There are several forces at work: members of the Interior Ministry themselves, anxious to prove to the world that Bosnia can handle her own problems; U.N. soldiers and inspectors, who are reluctant to take sides in the war that is seemingly going on without an end in sight; Vlado's partner on the police, Damir, who is trying to learn how to be a cop in the middle of a war; and the citizens of Sarajevo who have had to adjust to a strange way of life. Initially Petric thinks that the killing may have had to do with black market supplies of meat or cigarettes, which have become currency in the war-torn city. But the deeper he digs, the more he realizes that black market activities are the least of his worries. The death of Vitas seems to be linked to the art world, to smuggling that took place after World War II and is now happening again in the midst of everything else going on. And though normal life no longer exists in the war, it becomes imperative for Vlado to solve this crime.
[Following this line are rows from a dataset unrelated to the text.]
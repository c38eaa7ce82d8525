//! What is written for the caller, and what it hands in.
ghost use Rattle.std.specs.Prelude.{◌≡◌, Some, IfSome, IfNone};
ghost use Rattle.loader.specs.Refusals.{why_number};
ghost use Rattle.bpfagent_c.specs.Codes.{code_of_state, stop_of_state};
ghost use Rattle.bpfagent_c.specs.Shown.{over, grant_of, grants_of, IsGrant, AreGrants, end_after, value_of_step, value_of_stop, stop_of_step, ran_of_step};

use crate::codes::{code_of_state, stop_of_state};
use crate::numbers::GOES_ON;
use debugger::StepReply;
use loader::LoadError;
use machine::{GRANT_LIMIT, Grant, Grants, Stop};
use memory::OBJECT_LIMIT;
use world::Shown;

/// How steps ended.
#[repr(C)]
#[derive(Clone, Copy, Drop)]
pub struct End {
    /// How many steps ran.
    pub ran: u64,
    /// The slot where the machine is, the object that it waits for, or R0 at an exit.
    pub value: u64,
    /// Why the machine is stopped.
    pub stop: u32,
}

/// What a machine is.
#[repr(C)]
#[derive(Clone, Copy, Drop)]
pub struct Registers {
    /// R0 to R10.
    pub registers: [u64; 11],
    /// The slot where the next instruction begins.
    pub slot: u64,
    /// How many instructions may still be done.
    pub fuel: u64,
    /// Whether it goes on.
    pub state: u32,
    /// Why it is stopped.
    pub stop: u32,
}

/// Why code is refused.
#[repr(C)]
#[derive(Clone, Copy, Drop)]
pub struct Refusal {
    /// The slot of the instruction that is wrong.
    pub slot: u64,
    /// The reason's number.
    pub reason: u32,
}

/// An object that a machine may reach.
#[repr(C)]
#[derive(Clone, Copy, Drop)]
pub struct Granted {
    /// Its number.
    pub object: u32,
    /// Whether it may be written too: not, where this is 0.
    pub writes: u32,
}

/// What the agent keeps of bytes that it handed out, beside their length.
#[repr(C)]
#[derive(Clone, Copy, Drop)]
pub struct Parcel {
    /// Their SHA-256.
    pub digest: [u8; 32],
}

/// Writes bytes over the first ones, as many as there is room for.
pub(crate) fn write_bytes(to: &mut [u8], shown: &[u8])
    ensures { to.new ≡ over shown.now to.old }
{
    let count = shown.len().min(to.len());
    to[..count].copy_from_slice(&shown[..count]);
}

/// Writes values over the first ones, as many as there is room for.
pub(crate) fn write_values(to: &mut [u64], shown: &[u64])
    ensures { to.new ≡ over shown.now to.old }
{
    let count = shown.len().min(to.len());
    to[..count].copy_from_slice(&shown[..count]);
}

/// Writes numbers over the first ones, as many as there is room for.
pub(crate) fn write_numbers(to: &mut [u32], shown: &[u32])
    ensures { to.new ≡ over shown.now to.old }
{
    let count = shown.len().min(to.len());
    to[..count].copy_from_slice(&shown[..count]);
}

impl Registers {
    /// What is shown of a machine.
    pub(crate) fn of(shown: &Shown) -> Registers
        ensures registers { result.registers ≡ shown.now.registers }
        ensures slot { result.slot ≡ shown.now.slot }
        ensures fuel { result.fuel ≡ shown.now.fuel }
        ensures state { result.state ≡ code_of_state shown.now.state }
        ensures stop { result.stop ≡ stop_of_state shown.now.state }
    {
        Registers {
            registers: shown.registers,
            slot: shown.slot as u64,
            fuel: shown.fuel,
            state: code_of_state(shown.state),
            stop: stop_of_state(shown.state),
        }
    }
}

impl Refusal {
    /// Why code is refused.
    pub(crate) fn of(error: &LoadError) -> Refusal
        ensures { result ≡ record { slot = error.now.slot; reason = why_number error.now.why } }
    {
        Refusal {
            slot: error.slot as u64,
            reason: error.why.number() as u32,
        }
    }
}

/// What an exit leaves in R0; 0 at another stop.
fn value_of_stop(stop: Stop) -> u64
    ensures { result ≡ value_of_stop stop }
{
    match stop {
        Stop::Exit(value) => value,
        _ => 0,
    }
}

impl End {
    /// How steps ended, of which so many ran, and one was answered so.
    pub(crate) fn after(ran: u64, reply: StepReply) -> End
        ensures { result ≡ end_after ran (Some reply) }
    {
        let (value, stop) = match reply {
            StepReply::Ran(slot) | StepReply::Hit(slot) | StepReply::Paused(slot) => {
                (slot as u64, GOES_ON)
            }
            StepReply::Waiting(object) => (object as u64, GOES_ON),
            StepReply::Stopped(stop) => (value_of_stop(stop), stop.number()),
        };
        End { ran, value, stop }
    }

    /// How one step ended.
    pub(crate) fn of_step(reply: StepReply) -> End
        ensures { result ≡ record { ran = ran_of_step reply; value = value_of_step reply; stop = stop_of_step reply } }
    {
        match reply {
            StepReply::Ran(_) => End::after(1, reply),
            _ => End::after(0, reply),
        }
    }

    /// How a run ended, of which so many steps ran.
    pub(crate) fn of_run(ran: u64, end: Option<StepReply>) -> End
        ensures { result ≡ end_after ran end }
    {
        match end {
            None => End {
                ran,
                value: 0,
                stop: GOES_ON,
            },
            Some(reply) => End::after(ran, reply),
        }
    }
}

/// A grant, if the number may be that of an object.
fn grant_of(granted: &Granted) -> Option<Grant>
    ensures some { IfSome result (λ grant. (grant ≡ grant_of granted.now) × IsGrant granted.now) }
    ensures none { IfNone result (IsGrant granted.now → ⊥) }
{
    if granted.object == 0 || granted.object as usize > OBJECT_LIMIT {
        return None;
    }
    Some(Grant {
        number: granted.object,
        writes: granted.writes != 0,
    })
}

/// The grants, if there are at most sixteen, each of a number that may be that of an object.
pub(crate) fn grants_of(granted: &[Granted]) -> Option<Grants>
    ensures some { IfSome result (λ grants. (grants ≡ grants_of granted.now) × AreGrants granted.now) }
    ensures none { IfNone result (AreGrants granted.now → ⊥) }
{
    if granted.len() > GRANT_LIMIT {
        return None;
    }
    let mut grants = Grants::none();
    for one in granted {
        let grant = grant_of(one)?;
        grants.add(grant);
    }
    Some(grants)
}
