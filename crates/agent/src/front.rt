//! The whole program over its arguments and streams.
ghost use Rattle.std.specs.Prelude.{◌≡◌, ◌≢◌, [], map, Some};
ghost use Rattle.clap.specs.Words.{kind_of};
ghost use Rattle.agent.specs.CommandLine.{faults_of, task_of};
ghost use Rattle.agent.specs.ErrorShown.{Shows, ShowsError, ShowsHelp, ShowsVersion, version_line};
ghost use Rattle.agent.specs.Failures.{status_number};
ghost use Rattle.agent.specs.TaskLeaves.{TaskLeaves, WrongLeaves};

use crate::arguments::{Task, VERSION, read_arguments};
use crate::assembly::{asm, check, dis};
use crate::commands::commands;
use crate::failure::{ExitStatus, Failure};
use crate::reporting::{report, say};
use crate::running::run;
use clap::Error;
use clap::error::ErrorKind;
use std::alloc::Global;
use std::convert::AsStr;
use std::io::{Read, Write};
use streams::{Line, put_all};

/// This text, or another where it is empty: `clap`'s contracts leave the texts of its errors open.
fn some_text(text: &str) -> &[u8]
    ensures some { result.now ≢ [] }
    ensures own { text.now ≢ [] → result.now ≡ text.now }
{
    if text.is_empty() {
        return b"error: invalid arguments\n";
    }
    text.as_bytes()
}

/// Shows help.
fn show_help<W: Write, E: Write>(text: &str, writer: &mut W, errors: &mut E) -> ExitStatus
    ensures { ShowsHelp (W.contents writer.old) (W.contents writer.new) (E.contents errors.old) (E.contents errors.new) result }
{
    match put_all(writer, some_text(text)) {
        Ok(()) => ExitStatus::Done,
        Err(_) => report(Err(Failure::Write), errors),
    }
}

/// The line with the name of the program and its version.
fn version_line() -> Line<32>
    ensures { result.items ≡ version_line }
{
    let mut line = Line::new();
    line.put(b"bpfagent ");
    line.put(VERSION.as_bytes());
    line.end();
    line
}

/// Shows the version.
fn show_version<W: Write, E: Write>(writer: &mut W, errors: &mut E) -> ExitStatus
    ensures { ShowsVersion (W.contents writer.old) (W.contents writer.new) (E.contents errors.old) (E.contents errors.new) result }
{
    match put_all(writer, &version_line()) {
        Ok(()) => ExitStatus::Done,
        Err(_) => report(Err(Failure::Write), errors),
    }
}

/// Says what is wrong with the arguments. What the stream doesn't take of it is lost.
fn show_error<E: Write>(text: &str, errors: &mut E) -> ExitStatus
    ensures { ShowsError (E.contents errors.old) (E.contents errors.new) result }
{
    let _told = say(some_text(text), errors);
    ExitStatus::InvalidArguments
}

/// Answers arguments that ask for no task, and gives the exit status.
///
/// Help and the version go to `writer`. What is wrong with the arguments goes to `errors`, and so do out of memory and a failure of
/// `writer`; what that stream doesn't take is lost.
pub fn show_answer<W: Write, E: Write>(
    alloc: Global,
    error: Error,
    writer: &mut W,
    errors: &mut E,
) -> ExitStatus
    ensures { Shows (kind_of error) (W.contents writer.old) (W.contents writer.new) (E.contents errors.old) (E.contents errors.new) result }
{
    match error.kind() {
        ErrorKind::OutOfMemory => report(Err(Failure::NoMemory), errors),
        ErrorKind::DisplayVersion => show_version(writer, errors),
        ErrorKind::DisplayHelp => match error.to_string(alloc) {
            Ok(text) => show_help(text.as_str(), writer, errors),
            Err(_) => report(Err(Failure::NoMemory), errors),
        },
        _ => match error.to_string(alloc) {
            Ok(text) => show_error(text.as_str(), errors),
            Err(_) => report(Err(Failure::NoMemory), errors),
        },
    }
}

/// Does a task, and gives the exit status.
///
/// The status tells how the task ended, and `errors` why it gave up. For `store` and `serve` it does nothing: who has the network
/// calls [`run_store`](crate::run_store) and [`run_service`](crate::run_service).
pub fn do_task<R: Read, W: Write, E: Write>(
    alloc: Global,
    task: Task,
    reader: &mut R,
    writer: &mut W,
    errors: &mut E,
) -> ExitStatus
    ensures { TaskLeaves task (record {
      input = R.remaining reader.old;
      unread = R.remaining reader.new;
      out_before = W.contents writer.old;
      out_after = W.contents writer.new;
      errors_before = E.contents errors.old;
      errors_after = E.contents errors.new;
    }) (status_number result) }
{
    match task {
        Task::Run { budget } => report(run(alloc, budget, reader, writer), errors),
        Task::Check { explains } => check(alloc, explains, reader, writer, errors),
        Task::Assemble { explains } => asm(alloc, explains, reader, writer, errors),
        Task::Disassemble(showing) => report(dis(alloc, showing, reader, writer), errors),
        Task::Store(_) | Task::Serve(_) => report(Ok(()), errors),
        Task::Commands => report(commands(writer), errors),
    }
}

/// Does what the arguments ask for, which are the program's without its own name, and gives the
/// exit status.
///
/// Each subcommand tells in the status how it ended, and on `errors` why it gave up. Invalid
/// arguments, and those that ask for help, read no input. For `store` and `serve` it does nothing: who
/// has the network calls [`run_store`](crate::run_store) and [`run_service`](crate::run_service).
pub fn tool<'a, S: AsStr, R: Read, W: Write, E: Write>(
    alloc: Global,
    arguments: &'a [S],
    reader: &mut R,
    writer: &mut W,
    errors: &mut E,
) -> u8
    ensures right { (task : Task) → faults_of (map S.text arguments.entry.now) ≡ [] → task_of (map S.text arguments.entry.now) ≡ Some task
        → TaskLeaves task (record {
          input = R.remaining reader.old;
          unread = R.remaining reader.new;
          out_before = W.contents writer.old;
          out_after = W.contents writer.new;
          errors_before = E.contents errors.old;
          errors_after = E.contents errors.new;
        }) result }
    ensures wrong { faults_of (map S.text arguments.entry.now) ≢ []
        → WrongLeaves (faults_of (map S.text arguments.entry.now)) (record {
          input = R.remaining reader.old;
          unread = R.remaining reader.new;
          out_before = W.contents writer.old;
          out_after = W.contents writer.new;
          errors_before = E.contents errors.old;
          errors_after = E.contents errors.new;
        }) result }
{
    match read_arguments(alloc, arguments) {
        Ok(asked) => do_task(alloc, asked.task(), reader, writer, errors).number(),
        Err(error) => show_answer(alloc, error, writer, errors).number(),
    }
}
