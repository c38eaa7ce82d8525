//! The tools for code: `asm`, `check` and `dis`.

mod assembling;
mod checking;
mod disassembling;
mod explained;
mod explaining;
mod faults;
mod refusals;

pub(crate) use assembling::asm;
pub(crate) use checking::check;
pub use disassembling::dis;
"Lie in the Dark" is the first Dan Fesperman novel to feature Vlado Petric, and I'm happy to say it's not the last. I love the strangeness of trying to solve a murder in the midst of a civil war, and Fesperman re-creates the atmosphere of Sarajevo in a wonderful manner. I can't wait to read the next one!

6snake6
Sarajevo homicide investigator Vlado Petric finds his work almost as boring as his solitary life in Fesperman's debut. The siege of war has hammered the murder rate and the new special police grab any interesting cases. But the murder of the chief of the Interior Ministry's special police changes everything. The Ministry, making lofty noises about independent investigation, assigns the case to Petric.

Journalist Fesperman explores the underbelly of grim, wartorn Sarajevo - the daily privations and small defeats, like trading with foreign journalists for a jar of instant coffee, or the pang of resentment and contempt when the same journalist speaks casually of leaving. He lays out the mechanics of profit for the gangsters, black-marketers, government opportunists and schemers for whom war is a bounty.

Petric, whose morning routine begins with counting the gravediggers across the street ("his daily census of the war") never quite overcomes the irony of investigating one man's intriguing murder while other corpses pile up. But as the scraps of evidence draw him into danger, the murder becomes his obsession.

Fesperman's Sarajevo is rendered with powerful delicacy, insight and detail. The reader feels Petric's trapped longings for his wife, his old life, a normal day. People get by, a testament to human adaptability, but some - too many - feed greedily on the hardships of others. Fesperman brings all this to bear without making his story depressing or robbing it of suspense. The climax is a riveting, explosive page-turner.

This remains the most powerful of Fesperman's books - though all are incisive, thoughtful, suspenseful and highly recommended.